Everyone’s a critic

Finalists for the National Book Critics Circle Awards were announced this week. I’m somewhat embarrassed to admit that I’ve only read one of them (Olives, by A.E. Stallings). I notice that all of the books were published relatively early in the year—February, April, May, June (the one outlier is David Ferry, with a pub date of early August). From a statistical perspective, that makes sense: the earlier a book is released, the more time it has to get noticed by reviewers and award panels. (Though I suppose, if you’ve already got a reputation, your book is likely to get noticed right away.) I’m curious to know (but too lazy to find out) whether this phenomenon holds true for earlier years. If so, perhaps poetry publishers would do well to release their books early in the year, or time their releases to take advantage of a lack of competition—much the way the film industry holds certain movies to coincide with the summer blockbuster season or the film festival season. Perhaps some publishers already do so (though I get the sense that poetry presents too small a market to even bother with such considerations). My prediction? Well, Ferry’s book has already received the National Book Award, and considering Ferry’s age, it’s probably the last book he’ll write, so I suspect the auguries are pointing toward him this time around. But my predictions about the future are usually as off-base as my predictions about the past, so don’t bet any money based on my tip.

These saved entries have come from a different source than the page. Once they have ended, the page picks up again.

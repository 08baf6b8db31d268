//! A path's text, or the line of a document, with a caret under a place.

use std::alloc::AllocError;
use std::str::from_utf8;
use unicode_segmentation::UnicodeSegmentation;
use unicode_width::UnicodeWidthStr;

/// How many bytes before a place are shown at most; what is cut off counts as three dots.
const BEFORE: usize = 60;

/// How many bytes from a place on are shown at most.
const AFTER: usize = 40;

/// What stands in a line beside the bytes of a document: two blanks, twice three dots, and two columns that stay free.
const BESIDE: usize = 10;

/// A text that is cut round a place.
#[derive(Drop)]
struct Window<'a> {
    /// Whether text before it is left out.
    begins_late: bool,
    /// What is shown before the place.
    before: &'a str,
    /// What is shown from the place on.
    after: &'a str,
    /// Whether text after it is left out.
    ends_early: bool,
}

/// A text before a byte, or before the character that the byte is in, and the text from there on.
fn split(text: &str, index: usize) -> (&str, &str) {
    text.split_at(text.floor_char_boundary(index))
}

/// The text of the last bytes before a place, and whether bytes before it are left out. A character that is cut is left out.
fn last_text(bytes: &[u8], count: usize) -> (&str, bool) {
    let start = bytes.len().saturating_sub(count);
    let mut text = "";
    for skipped in 0usize..4 {
        let near = bytes.get(start.saturating_add(skipped)..).unwrap_or(&[]);
        if let Ok(whole) = from_utf8(near) {
            text = whole;
            break;
        }
    }
    (text, start > 0)
}

/// The text of the first bytes, and whether bytes after it are left out. It ends before a character that is cut, or is none.
fn first_text(bytes: &[u8], count: usize) -> (&str, bool) {
    let near = bytes.get(..count).unwrap_or(bytes);
    let valid = match from_utf8(near) {
        Ok(_) => near.len(),
        Err(e) => e.valid_up_to(),
    };
    let text = near
        .get(..valid)
        .and_then(|front| from_utf8(front).ok())
        .unwrap_or("");
    (text, valid < bytes.len())
}

impl<'a> Window<'a> {
    /// The line round a place in a document, which is the number of a byte from 1, without the blanks at its ends, within so many
    /// columns: three fifths of its bytes before the place, and the others from there on.
    fn of_line(bytes: &'a [u8], place: usize, columns: usize) -> Window<'a> {
        let (before, after) = bytes.split_at(place.saturating_sub(1).min(bytes.len()));
        let room = columns.saturating_sub(BESIDE);
        let room_after = room / 5 * 2;
        let (before, begins_late) = last_text(before, room.saturating_sub(room_after));
        let (after, ends_early) = first_text(after, room_after);
        let (before, begins_late) = match before.rsplit_once('\n') {
            Some((_, line)) => (line, false),
            None => (before, begins_late),
        };
        let (after, ends_early) = match after.split_once('\n') {
            Some((line, _)) => (line, false),
            None => (after, ends_early),
        };
        Window {
            begins_late,
            before: if begins_late {
                before
            } else {
                before.trim_start()
            },
            after: if ends_early { after } else { after.trim_end() },
            ends_early,
        }
    }

    /// The text round a place, which is the number of a byte from 1.
    fn new(text: &'a str, place: usize) -> Window<'a> {
        let (before, after) = split(text, place.saturating_sub(1));
        let (earlier, before) = split(before, before.len().saturating_sub(BEFORE));
        let (after, later) = split(after, AFTER);
        Window {
            begins_late: !earlier.is_empty(),
            before,
            after,
            ends_early: !later.is_empty(),
        }
    }

    /// Appends the text, with control characters as escapes.
    fn push_text(&self, to: &mut String) -> Result<(), AllocError> {
        if self.begins_late {
            to.push_str("...")?;
        }
        push_shown(to, self.before)?;
        push_shown(to, self.after)?;
        if self.ends_early {
            to.push_str("...")?;
        }
        Ok(())
    }

    /// Appends a caret under the place. A tab stands for a tab, whatever its width.
    fn push_caret(&self, to: &mut String) -> Result<(), AllocError> {
        if self.begins_late {
            to.push_str("   ")?;
        }
        for cluster in self.before.graphemes(true) {
            push_columns(to, cluster)?;
        }
        to.push('^')
    }
}

/// Appends a text, with its control characters but the tab as they are escaped in a path.
fn push_shown(to: &mut String, text: &str) -> Result<(), AllocError> {
    for c in text.chars() {
        push_char(to, c)?;
    }
    Ok(())
}

/// Appends a character; a control character but the tab as an escape.
fn push_char(to: &mut String, c: char) -> Result<(), AllocError> {
    match c {
        '\n' => to.push_str("\\n"),
        '\r' => to.push_str("\\r"),
        '\t' => to.push('\t'),
        c if c.is_control() => write!(to, "\\u{:04x}", c as u32),
        c => to.push(c),
    }
}

/// Appends as many spaces as a cluster of characters takes columns, or a tab for a tab.
fn push_columns(to: &mut String, cluster: &str) -> Result<(), AllocError> {
    if cluster == "\t" {
        return to.push('\t');
    }
    let columns = if cluster.chars().any(char::is_control) {
        escaped_columns(cluster)
    } else {
        cluster.width()
    };
    for _ in 0..columns {
        to.push(' ')?;
    }
    Ok(())
}

/// How many columns the escapes of control characters take.
fn escaped_columns(cluster: &str) -> usize {
    let mut columns = 0usize;
    for c in cluster.chars() {
        columns = columns.saturating_add(if c == '\n' || c == '\r' { 2 } else { 6 });
    }
    columns
}

/// Appends what a window shows, in a line that is indented by two spaces, and below it the caret.
fn push_window(to: &mut String, window: &Window<'_>) -> Result<(), AllocError> {
    to.push_str("  ")?;
    window.push_text(to)?;
    to.push_str("\n  ")?;
    window.push_caret(to)?;
    to.push('\n')
}

/// Appends a text in a line that is indented by two spaces, cut round a place, and below it a caret under that place, the number
/// of a byte from 1.
pub(crate) fn push_with_caret(to: &mut String, text: &str, place: usize) -> Result<(), AllocError> {
    push_window(to, &Window::new(text, place))
}

/// Appends the line of a document round a place, the number of a byte from 1, in the same way, within so many columns. Of an empty
/// line it appends nothing.
pub(crate) fn push_line_with_caret(
    to: &mut String,
    bytes: &[u8],
    place: usize,
    columns: usize,
) -> Result<(), AllocError> {
    let window = Window::of_line(bytes, place, columns);
    if window.before.is_empty() && window.after.is_empty() {
        return Ok(());
    }
    push_window(to, &window)
}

Also, a quick thumbs-up for the latest issue of Hampden-Sydney Poetry Review. A solid collection all around. Many of the middle poems share a wonderful ebullience, a penchant for echolalia, the is collectively invigorating. I was particularly taken with the work of Hannah Faith Notess, previously unknown to me. Her language and images evoke Richard Hugo, with his keen sense of dispair in dissolution (perhaps not surprising—she apparently lives in Seattle). Consider, for example, these lines from “To the Church Across the Bridge Who is Claiming the City for God”:

The barges dredge and dredge, but turn up
nothing, and the drawbridge gapes open

like the gulf between Man and God, but nobody
is waiting to cross over…

I adore the deadpan, epigrammatic line later in this poem: “It hurts to watch the world split down the middle.” Or this line from “To the Body Carried Out of the Apartment Across the Street”: “The crocuses next to the dumpster are opening / their fat purple mouths.” An intense image of Nature at its most uncaring. The cruelty is accentuated by the turn: the line that ends on “opening” is potentially a positive image of renewal, but quickly remakes itself into an image of greed and bloat and selfishness.

And it’s always refreshing to read work by a poet who still holds down a day job. From great adversity springs great art.